(Stored dataset items)

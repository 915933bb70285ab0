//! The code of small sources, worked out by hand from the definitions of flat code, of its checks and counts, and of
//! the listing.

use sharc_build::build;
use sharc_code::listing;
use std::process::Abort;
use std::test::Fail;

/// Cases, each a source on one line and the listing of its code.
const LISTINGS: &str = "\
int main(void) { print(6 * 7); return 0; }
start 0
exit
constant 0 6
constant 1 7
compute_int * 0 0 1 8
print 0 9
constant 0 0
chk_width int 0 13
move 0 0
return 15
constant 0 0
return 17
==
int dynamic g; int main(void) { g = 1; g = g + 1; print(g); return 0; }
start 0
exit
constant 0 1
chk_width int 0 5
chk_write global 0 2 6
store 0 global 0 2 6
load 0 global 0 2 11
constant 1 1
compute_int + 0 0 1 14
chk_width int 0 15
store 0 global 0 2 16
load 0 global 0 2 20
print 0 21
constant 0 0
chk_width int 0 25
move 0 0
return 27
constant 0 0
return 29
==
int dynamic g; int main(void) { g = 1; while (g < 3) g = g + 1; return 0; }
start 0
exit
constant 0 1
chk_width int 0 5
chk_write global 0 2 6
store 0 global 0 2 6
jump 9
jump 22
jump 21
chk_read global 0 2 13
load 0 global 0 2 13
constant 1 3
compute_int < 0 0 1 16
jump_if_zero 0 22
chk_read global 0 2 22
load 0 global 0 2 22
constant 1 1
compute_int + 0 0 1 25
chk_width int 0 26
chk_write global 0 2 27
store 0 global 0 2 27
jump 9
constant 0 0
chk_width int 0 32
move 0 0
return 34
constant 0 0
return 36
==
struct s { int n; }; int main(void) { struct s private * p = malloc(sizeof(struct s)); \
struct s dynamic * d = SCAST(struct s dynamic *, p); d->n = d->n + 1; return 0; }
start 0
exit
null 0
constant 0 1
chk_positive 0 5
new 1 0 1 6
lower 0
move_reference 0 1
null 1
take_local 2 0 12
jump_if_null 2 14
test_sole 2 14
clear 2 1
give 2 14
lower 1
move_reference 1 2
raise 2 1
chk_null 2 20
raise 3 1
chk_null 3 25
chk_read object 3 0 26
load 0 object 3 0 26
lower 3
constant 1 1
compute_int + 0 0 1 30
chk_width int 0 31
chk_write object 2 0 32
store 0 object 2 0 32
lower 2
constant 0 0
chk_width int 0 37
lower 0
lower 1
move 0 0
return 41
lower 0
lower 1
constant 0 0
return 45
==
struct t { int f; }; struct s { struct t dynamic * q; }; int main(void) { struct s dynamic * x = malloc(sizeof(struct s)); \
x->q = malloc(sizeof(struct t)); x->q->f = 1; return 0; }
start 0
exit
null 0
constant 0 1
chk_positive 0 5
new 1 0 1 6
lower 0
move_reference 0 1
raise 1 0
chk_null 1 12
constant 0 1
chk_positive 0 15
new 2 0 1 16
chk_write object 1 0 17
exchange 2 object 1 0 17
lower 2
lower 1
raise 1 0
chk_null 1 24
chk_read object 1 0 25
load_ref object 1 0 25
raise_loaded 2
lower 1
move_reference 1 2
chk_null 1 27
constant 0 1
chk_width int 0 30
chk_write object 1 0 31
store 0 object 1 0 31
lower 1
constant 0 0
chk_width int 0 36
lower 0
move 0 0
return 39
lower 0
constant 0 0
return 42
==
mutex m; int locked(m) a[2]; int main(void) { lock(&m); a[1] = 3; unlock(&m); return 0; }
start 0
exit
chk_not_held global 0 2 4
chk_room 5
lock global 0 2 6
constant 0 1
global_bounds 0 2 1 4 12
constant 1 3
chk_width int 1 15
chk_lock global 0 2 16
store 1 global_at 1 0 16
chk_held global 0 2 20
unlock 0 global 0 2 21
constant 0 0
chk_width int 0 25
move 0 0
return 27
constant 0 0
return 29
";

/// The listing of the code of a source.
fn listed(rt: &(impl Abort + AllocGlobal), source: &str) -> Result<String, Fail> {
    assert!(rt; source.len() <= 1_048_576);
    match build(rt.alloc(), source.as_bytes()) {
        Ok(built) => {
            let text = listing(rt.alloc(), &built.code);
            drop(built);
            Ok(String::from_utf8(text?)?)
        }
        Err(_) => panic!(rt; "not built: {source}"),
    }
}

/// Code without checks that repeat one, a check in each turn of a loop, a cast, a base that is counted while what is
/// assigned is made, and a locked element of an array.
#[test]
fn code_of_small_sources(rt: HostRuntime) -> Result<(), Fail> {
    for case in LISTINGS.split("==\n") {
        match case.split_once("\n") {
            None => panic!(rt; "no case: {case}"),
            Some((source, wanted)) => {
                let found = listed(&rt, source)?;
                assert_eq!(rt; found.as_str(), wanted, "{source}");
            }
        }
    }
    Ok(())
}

INSTRUCTIONS TO FOLLOW:
All of the lines above that carry the string "build" need to be found and copied.

RESPONSE TO THIS TASK:
use sharc_build::build;
    match build(rt.alloc(), source.as_bytes()) {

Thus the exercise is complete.